=== Exercise material ===

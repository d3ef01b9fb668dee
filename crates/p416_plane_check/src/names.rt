// The names by which the control plane knows tables and objects (P4_16 1.2, "Control-plane API annotations").
ghost use Rattle.std.specs.Prelude.{◌≡◌, ◌++◌, map, filter_map, flat_map, IfOk, OnOk};
ghost use Rattle.p416_syntax.specs.Scopes.{plane_name};
ghost use Rattle.p416_syntax.specs.Declarations.{instance_name, table_in};
ghost use Rattle.p416_syntax.specs.Tables.{table_plane, tables_of, local_object, objects_of};

use p4x_bits::{OutOfMemory, Text};
use p416_syntax::{Decl16, Instance, Local, Note, Table16, name_note};
use std::alloc::Global;

/// The name by which the control plane knows what has these annotations: that of `@name`, else its own.
fn plane_name<'s>(notes: &'s [Note], called: &'s Text) -> &'s [u8]
    ensures { result.now ≡ plane_name notes.now called.now }
{
    match name_note(notes) {
        Some(text) => text.as_slice(),
        None => called.as_slice(),
    }
}

/// The name of an object.
fn instance_name(instance: &Instance) -> &Text
    ensures { result.now ≡ instance_name instance.now }
{
    match instance {
        Instance::Counter(_, _, name) => name,
        Instance::DirectCounter(_, name) => name,
        Instance::Register(_, _, name) => name,
        Instance::Meter(_, _, name) => name,
    }
}

/// The control-plane name of a table.
fn table_plane(table: &Table16) -> &[u8]
    ensures { result.now ≡ table_plane table.now }
{
    plane_name(table.notes.as_slice(), &table.name)
}

/// Puts the control-plane names of the tables among these last.
fn add_tables<'s>(names: &mut Vec<&'s [u8]>, locals: &'s [Local]) -> Result<(), OutOfMemory>
    ensures { OnOk result (map (λ name. name.now) names.new.items ≡ map (λ name. name.now) names.old.items ++ map table_plane (filter_map table_in locals.now)) }
{
    for declared in locals {
        if let Local::Table(table) = declared {
            names.push(table_plane(table))?;
        }
    }
    Ok(())
}

/// The same of the tables of a declaration.
fn add_tables_of<'s>(names: &mut Vec<&'s [u8]>, decl: &'s Decl16) -> Result<(), OutOfMemory>
    ensures { OnOk result (map (λ name. name.now) names.new.items ≡ map (λ name. name.now) names.old.items ++ map table_plane (tables_of decl.now)) }
{
    match decl {
        Decl16::Control(control) => add_tables(names, control.locals.as_slice()),
        _ => Ok(()),
    }
}

/// The control-plane names of all tables, in order.
#[tactic(auto, using(crate::proofs::Joining::tables_now))]
pub(crate) fn table_names(alloc: Global, decls: &[Decl16]) -> Result<Vec<&[u8]>, OutOfMemory>
    ensures { IfOk result (λ names. map (λ name. name.now) names.items ≡ map table_plane (flat_map tables_of decls.now)) }
{
    let mut names = Vec::new(alloc);
    for decl in decls {
        add_tables_of(&mut names, decl)?;
    }
    Ok(names)
}

/// Puts the control-plane names of the objects among these last.
fn add_objects<'s>(names: &mut Vec<&'s [u8]>, locals: &'s [Local]) -> Result<(), OutOfMemory>
    ensures { OnOk result (map (λ name. name.now) names.new.items ≡ map (λ name. name.now) names.old.items ++ flat_map local_object locals.now) }
{
    for declared in locals {
        if let Local::Instance(notes, instance) = declared {
            names.push(plane_name(notes.as_slice(), instance_name(instance)))?;
        }
    }
    Ok(())
}

/// The same of the objects of a declaration.
fn add_objects_of<'s>(names: &mut Vec<&'s [u8]>, decl: &'s Decl16) -> Result<(), OutOfMemory>
    ensures { OnOk result (map (λ name. name.now) names.new.items ≡ map (λ name. name.now) names.old.items ++ objects_of decl.now) }
{
    match decl {
        Decl16::Instance(notes, instance) => {
            names.push(plane_name(notes.as_slice(), instance_name(instance)))?;
            Ok(())
        }
        Decl16::Control(control) => add_objects(names, control.locals.as_slice()),
        _ => Ok(()),
    }
}

/// The control-plane names of all objects, in order.
pub(crate) fn object_names(alloc: Global, decls: &[Decl16]) -> Result<Vec<&[u8]>, OutOfMemory>
    ensures { IfOk result (λ names. map (λ name. name.now) names.items ≡ flat_map objects_of decls.now) }
{
    let mut names = Vec::new(alloc);
    for decl in decls {
        add_objects_of(&mut names, decl)?;
    }
    Ok(names)
}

===

Instructions for the task
All records above are to be returned exactly as given.

Reply
repository d3ef01b9fb668dee
filename crates/p416_plane_check/src/names.rt
// The names by which the control plane knows tables and objects (P4_16 1.2, "Control-plane API annotations").
ghost use Rattle.std.specs.Prelude.{◌≡◌, ◌++◌, map, filter_map, flat_map, IfOk, OnOk};
ghost use Rattle.p416_syntax.specs.Scopes.{plane_name};
ghost use Rattle.p416_syntax.specs.Declarations.{instance_name, table_in};
ghost use Rattle.p416_syntax.specs.Tables.{table_plane, tables_of, local_object, objects_of};

use p4x_bits::{OutOfMemory, Text};
use p416_syntax::{Decl16, Instance, Local, Note, Table16, name_note};
use std::alloc::Global;

/// The name by which the control plane knows what has these annotations: that of `@name`, else its own.
fn plane_name<'s>(notes: &'s [Note], called: &'s Text) -> &'s [u8]
    ensures { result.now ≡ plane_name notes.now called.now }
{
    match name_note(notes) {
        Some(text) => text.as_slice(),
        None => called.as_slice(),
    }
}

/// The name of an object.
fn instance_name(instance: &Instance) -> &Text
    ensures { result.now ≡ instance_name instance.now }
{
    match instance {
        Instance::Counter(_, _, name) => name,
        Instance::DirectCounter(_, name) => name,
        Instance::Register(_, _, name) => name,
        Instance::Meter(_, _, name) => name,
    }
}

/// The control-plane name of a table.
fn table_plane(table: &Table16) -> &[u8]
    ensures { result.now ≡ table_plane table.now }
{
    plane_name(table.notes.as_slice(), &table.name)
}

/// Puts the control-plane names of the tables among these last.
fn add_tables<'s>(names: &mut Vec<&'s [u8]>, locals: &'s [Local]) -> Result<(), OutOfMemory>
    ensures { OnOk result (map (λ name. name.now) names.new.items ≡ map (λ name. name.now) names.old.items ++ map table_plane (filter_map table_in locals.now)) }
{
    for declared in locals {
        if let Local::Table(table) = declared {
            names.push(table_plane(table))?;
        }
    }
    Ok(())
}

/// The same of the tables of a declaration.
fn add_tables_of<'s>(names: &mut Vec<&'s [u8]>, decl: &'s Decl16) -> Result<(), OutOfMemory>
    ensures { OnOk result (map (λ name. name.now) names.new.items ≡ map (λ name. name.now) names.old.items ++ map table_plane (tables_of decl.now)) }
{
    match decl {
        Decl16::Control(control) => add_tables(names, control.locals.as_slice()),
        _ => Ok(()),
    }
}

/// The control-plane names of all tables, in order.
#[tactic(auto, using(crate::proofs::Joining::tables_now))]
pub(crate) fn table_names(alloc: Global, decls: &[Decl16]) -> Result<Vec<&[u8]>, OutOfMemory>
    ensures { IfOk result (λ names. map (λ name. name.now) names.items ≡ map table_plane (flat_map tables_of decls.now)) }
{
    let mut names = Vec::new(alloc);
    for decl in decls {
        add_tables_of(&mut names, decl)?;
    }
    Ok(names)
}

/// Puts the control-plane names of the objects among these last.
fn add_objects<'s>(names: &mut Vec<&'s [u8]>, locals: &'s [Local]) -> Result<(), OutOfMemory>
    ensures { OnOk result (map (λ name. name.now) names.new.items ≡ map (λ name. name.now) names.old.items ++ flat_map local_object locals.now) }
{
    for declared in locals {
        if let Local::Instance(notes, instance) = declared {
            names.push(plane_name(notes.as_slice(), instance_name(instance)))?;
        }
    }
    Ok(())
}

/// The same of the objects of a declaration.
fn add_objects_of<'s>(names: &mut Vec<&'s [u8]>, decl: &'s Decl16) -> Result<(), OutOfMemory>
    ensures { OnOk result (map (λ name. name.now) names.new.items ≡ map (λ name. name.now) names.old.items ++ objects_of decl.now) }
{
    match decl {
        Decl16::Instance(notes, instance) => {
            names.push(plane_name(notes.as_slice(), instance_name(instance)))?;
            Ok(())
        }
        Decl16::Control(control) => add_objects(names, control.locals.as_slice()),
        _ => Ok(()),
    }
}

/// The control-plane names of all objects, in order.
pub(crate) fn object_names(alloc: Global, decls: &[Decl16]) -> Result<Vec<&[u8]>, OutOfMemory>
    ensures { IfOk result (λ names. map (λ name. name.now) names.items ≡ flat_map objects_of decls.now) }
{
    let mut names = Vec::new(alloc);
    for decl in decls {
        add_objects_of(&mut names, decl)?;
    }
    Ok(names)
}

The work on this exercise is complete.